公団による開発はすでに終了しているものの、民間企業による開発自体は未だ進行中で日々新たな建物が建てられている。 新旧混在した団地群に半世紀の時間の経過が鮮やかに写しだされているようだ。
そんな半世紀前にこの地を舞台に特撮ドラマが撮影されていた。
円谷プロダクションによる空想特撮シリーズ『ウルトラQ』「カネゴンの繭」だ。
造成により大きく削り取られた大地は非日常な風景として、また開発の象徴して絶好のロケ地であったのだろう。
金に執着する少年が不思議な繭の力でカネゴンに変身。 遊び友達からもバカにされ、途方に暮れるシーン。

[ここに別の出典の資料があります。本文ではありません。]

// Joins an edge in any direction from a person to a further one.
fn join_edge(
    alloc: Global,
    from: &mut List<FromItem>,
    edge: &str,
    first: &str,
    second: &str,
) -> Result<(), Fail> {
    let yes = Expr::Lit(Value::Truth(true));
    from.push(joined(alloc, "KNOWS", edge, yes)?)?;
    let between = edge_between(alloc, edge, first, second)?;
    from.push(joined(alloc, "PERSON", second, between)?)?;
    Ok(())
}

// One edge in any direction, in the joined form.
fn any_joined(alloc: Global) -> Result<Select, Fail> {
    let mut columns = List::new(alloc);
    columns.push(column(alloc, "A0", "X")?)?;
    columns.push(column(alloc, "A2", "Y")?)?;
    let mut from = List::new(alloc);
    from.push(item(alloc, "PERSON", "A0")?)?;
    join_edge(alloc, &mut from, "A1", "A0", "A2")?;
    Ok(Select {
        columns,
        from,
        conjuncts: List::new(alloc),
    })
}

// Two edges in any direction, one behind the other.
fn two_joined(alloc: Global) -> Result<Select, Fail> {
    let mut columns = List::new(alloc);
    columns.push(column(alloc, "A0", "X")?)?;
    columns.push(column(alloc, "A2", "Y")?)?;
    columns.push(column(alloc, "A4", "Z")?)?;
    let mut from = List::new(alloc);
    from.push(item(alloc, "PERSON", "A0")?)?;
    join_edge(alloc, &mut from, "A1", "A0", "A2")?;
    join_edge(alloc, &mut from, "A3", "A2", "A4")?;
    Ok(Select {
        columns,
        from,
        conjuncts: List::new(alloc),
    })
}

// The pairs of persons without an edge between them.
fn apart(alloc: Global) -> Result<Select, Fail> {
    let mut columns = List::new(alloc);
    columns.push(SelectColumn {
        value: Expr::Lit(Value::Number(1)),
        name: name(alloc, "C")?,
    })?;
    let mut from = List::new(alloc);
    from.push(item(alloc, "KNOWS", "A1")?)?;
    let mut conjuncts = List::new(alloc);
    conjuncts.push(Conjunct::Plain(edge_between(alloc, "A1", "A0", "A2")?))?;
    let inner = Select {
        columns,
        from,
        conjuncts,
    };
    let mut columns = List::new(alloc);
    columns.push(column(alloc, "A0", "X")?)?;
    columns.push(column(alloc, "A2", "Y")?)?;
    let mut from = List::new(alloc);
    from.push(item(alloc, "PERSON", "A0")?)?;
    from.push(item(alloc, "PERSON", "A2")?)?;
    let mut conjuncts = List::new(alloc);
    conjuncts.push(Conjunct::NotExists(Boxed::new(alloc, inner)?))?;
    Ok(Select {
        columns,
        from,
        conjuncts,
    })
}

// The persons whose age is above 25.
fn older(alloc: Global) -> Result<Select, Fail> {
    let mut columns = List::new(alloc);
    columns.push(column(alloc, "A0", "N")?)?;
    let mut from = List::new(alloc);
    from.push(item(alloc, "PERSON", "A0")?)?;
    let age = Boxed::new(alloc, leaf(alloc, "A0", "AGE")?)?;
    let least = Boxed::new(alloc, Expr::Lit(Value::Number(25)))?;
    let mut conjuncts = List::new(alloc);
    conjuncts.push(Conjunct::Plain(Expr::Compare(Comparison::Greater, age, least)))?;
    Ok(Select {
        columns,
        from,
        conjuncts,
    })
}

// One edge between two vertices that differ, by NOT EXISTS.
fn no_loop(alloc: Global) -> Result<Select, Fail> {
    let mut columns = List::new(alloc);
    columns.push(SelectColumn {
        value: Expr::Lit(Value::Number(1)),
        name: name(alloc, "C")?,
    })?;
    let mut from = List::new(alloc);
    from.push(item(alloc, "PERSON", "S0")?)?;
    let mut conjuncts = List::new(alloc);
    conjuncts.push(Conjunct::Plain(equal(alloc, ("S0", "ID"), ("A0", "ID"))?))?;
    conjuncts.push(Conjunct::Plain(equal(alloc, ("S0", "ID"), ("A2", "ID"))?))?;
    let inner = Select {
        columns,
        from,
        conjuncts,
    };
    let Select { columns, from, .. } = one_edge(alloc)?;
    let mut conjuncts = List::new(alloc);
    conjuncts.push(Conjunct::NotExists(Boxed::new(alloc, inner)?))?;
    Ok(Select {
        columns,
        from,
        conjuncts,
    })
}

// The pairs of persons of one age, which no Null is.
fn one_age(alloc: Global) -> Result<Select, Fail> {
    let mut columns = List::new(alloc);
    columns.push(column(alloc, "A0", "X")?)?;
    columns.push(column(alloc, "A1", "Y")?)?;
    let mut from = List::new(alloc);
    from.push(item(alloc, "PERSON", "A0")?)?;
    from.push(joined(
        alloc,
        "PERSON",
        "A1",
        equal(alloc, ("A1", "AGE"), ("A0", "AGE"))?,
    )?)?;
    Ok(Select {
        columns,
        from,
        conjuncts: List::new(alloc),
    })
}

// The condition that joins an item of a chain: its key is that of the item before it, or none.
fn link(alloc: Global, keyed: bool, alias: &str, earlier: &str) -> Result<Cond, Fail> {
    if keyed {
        equal(alloc, (alias, "ID"), (earlier, "ID"))
    } else {
        Ok(Expr::Lit(Value::Truth(true)))
    }
}

// A chain of items of the table with one row.
fn long_chain(alloc: Global, count: usize, keyed: bool) -> Result<Select, Fail> {
    let mut from = List::new(alloc);
    from.push(item(alloc, "ALONE", "A0")?)?;
    let mut earlier = format!(in alloc; "A0")?;
    for number in 1..count {
        let alias = format!(in alloc; "A{number}")?;
        let on = link(alloc, keyed, alias.as_str(), earlier.as_str())?;
        from.push(joined(alloc, "ALONE", alias.as_str(), on)?)?;
        earlier = alias;
    }
    let mut columns = List::new(alloc);
    columns.push(column(alloc, "A0", "X")?)?;
    columns.push(column(alloc, earlier.as_str(), "Y")?)?;
    Ok(Select {
        columns,
        from,
        conjuncts: List::new(alloc),
    })
}

#[test]
fn thousands_of_items_are_joined_by_key(rt: HostRuntime) -> Result<(), Fail> {
    let alloc = rt.alloc();
    let query = one_of(alloc, long_chain(alloc, 2000, true)?)?;
    let marks = marks_of(alloc, &query)?;
    assert!(rt; marks.as_slice() == [11].as_slice());
    Ok(())
}

#[test]
fn thousands_of_items_are_joined_without_a_key(rt: HostRuntime) -> Result<(), Fail> {
    let alloc = rt.alloc();
    let query = one_of(alloc, long_chain(alloc, 5000, false)?)?;
    let marks = marks_of(alloc, &query)?;
    assert!(rt; marks.as_slice() == [11].as_slice());
    Ok(())
}

#[test]
fn an_edge_is_joined_in_the_order_of_its_tables(rt: HostRuntime) -> Result<(), Fail> {
    let alloc = rt.alloc();
    let query = one_of(alloc, one_edge(alloc)?)?;
    let marks = marks_of(alloc, &query)?;
    assert!(rt; marks.as_slice() == [12, 11, 12, 23, 31].as_slice());
    Ok(())
}

#[test]
fn an_edge_in_any_direction_counts_a_self_loop_once(rt: HostRuntime) -> Result<(), Fail> {
    let alloc = rt.alloc();
    let query = one_of(alloc, any_direction(alloc)?)?;
    let marks = marks_of(alloc, &query)?;
    assert!(rt; marks.as_slice() == [12, 13, 11, 12, 21, 23, 21, 32, 31].as_slice());
    Ok(())
}

#[test]
fn a_joined_edge_in_any_direction_has_the_same_rows(rt: HostRuntime) -> Result<(), Fail> {
    let alloc = rt.alloc();
    let query = one_of(alloc, any_joined(alloc)?)?;
    let marks = marks_of(alloc, &query)?;
    assert!(rt; marks.as_slice() == [12, 13, 11, 12, 21, 23, 21, 32, 31].as_slice());
    Ok(())
}

static TWO_EDGES: [u32; 29] = [
    121, 123, 121, 132, 131, 112, 113, 111, 112, 121, 123, 121, 212, 213, 211, 212, 232, 231, 212,
    213, 211, 212, 321, 323, 321, 312, 313, 311, 312,
];

#[test]
fn two_edges_in_any_direction_are_joined_in_order(rt: HostRuntime) -> Result<(), Fail> {
    let alloc = rt.alloc();
    let query = one_of(alloc, two_joined(alloc)?)?;
    let marks = marks_of(alloc, &query)?;
    assert!(rt; marks.as_slice() == TWO_EDGES.as_slice());
    Ok(())
}

#[test]
fn not_exists_looks_in_both_directions(rt: HostRuntime) -> Result<(), Fail> {
    let alloc = rt.alloc();
    let query = one_of(alloc, apart(alloc)?)?;
    let marks = marks_of(alloc, &query)?;
    assert!(rt; marks.as_slice() == [22, 33].as_slice());
    Ok(())
}

#[test]
fn an_unknown_age_is_not_above(rt: HostRuntime) -> Result<(), Fail> {
    let alloc = rt.alloc();
    let query = one_of(alloc, older(alloc)?)?;
    let marks = marks_of(alloc, &query)?;
    assert!(rt; marks.as_slice() == [1].as_slice());
    Ok(())
}

#[test]
fn not_exists_drops_the_self_loop(rt: HostRuntime) -> Result<(), Fail> {
    let alloc = rt.alloc();
    let query = one_of(alloc, no_loop(alloc)?)?;
    let marks = marks_of(alloc, &query)?;
    assert!(rt; marks.as_slice() == [12, 12, 23, 31].as_slice());
    Ok(())
}

#[test]
fn null_joins_no_null(rt: HostRuntime) -> Result<(), Fail> {
    let alloc = rt.alloc();
    let query = one_of(alloc, one_age(alloc)?)?;
    let marks = marks_of(alloc, &query)?;
    assert!(rt; marks.as_slice() == [11, 33].as_slice());
    Ok(())
}

#[test]
fn selects_come_one_after_another(rt: HostRuntime) -> Result<(), Fail> {
    let alloc = rt.alloc();
    let mut selects = List::new(alloc);
    selects.push(older(alloc)?)?;
    selects.push(older(alloc)?)?;
    let marks = marks_of(alloc, &SqlQuery { selects })?;
    assert!(rt; marks.as_slice() == [1, 1].as_slice());
    Ok(())
}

ローム層の赤土を思わせる切り立った崖と夕日が印象的な画だ。
このモデルとなった地があると聞き探してみることにした。
「アパッチ砦」
といえばジョン・ウェインの映画。 造成により削り取られた台地を西部劇にお約束の切り立った岩山に見立てて、いつの頃からかそう呼ばれるようになったらしい。
台地の頂上には送電線の鉄塔が…しかしよく見ると、実はその左側にもう一つ鉄塔の脚部がわずかに見て取れる。 どうやらこの辺りがヒントとなっているようだ。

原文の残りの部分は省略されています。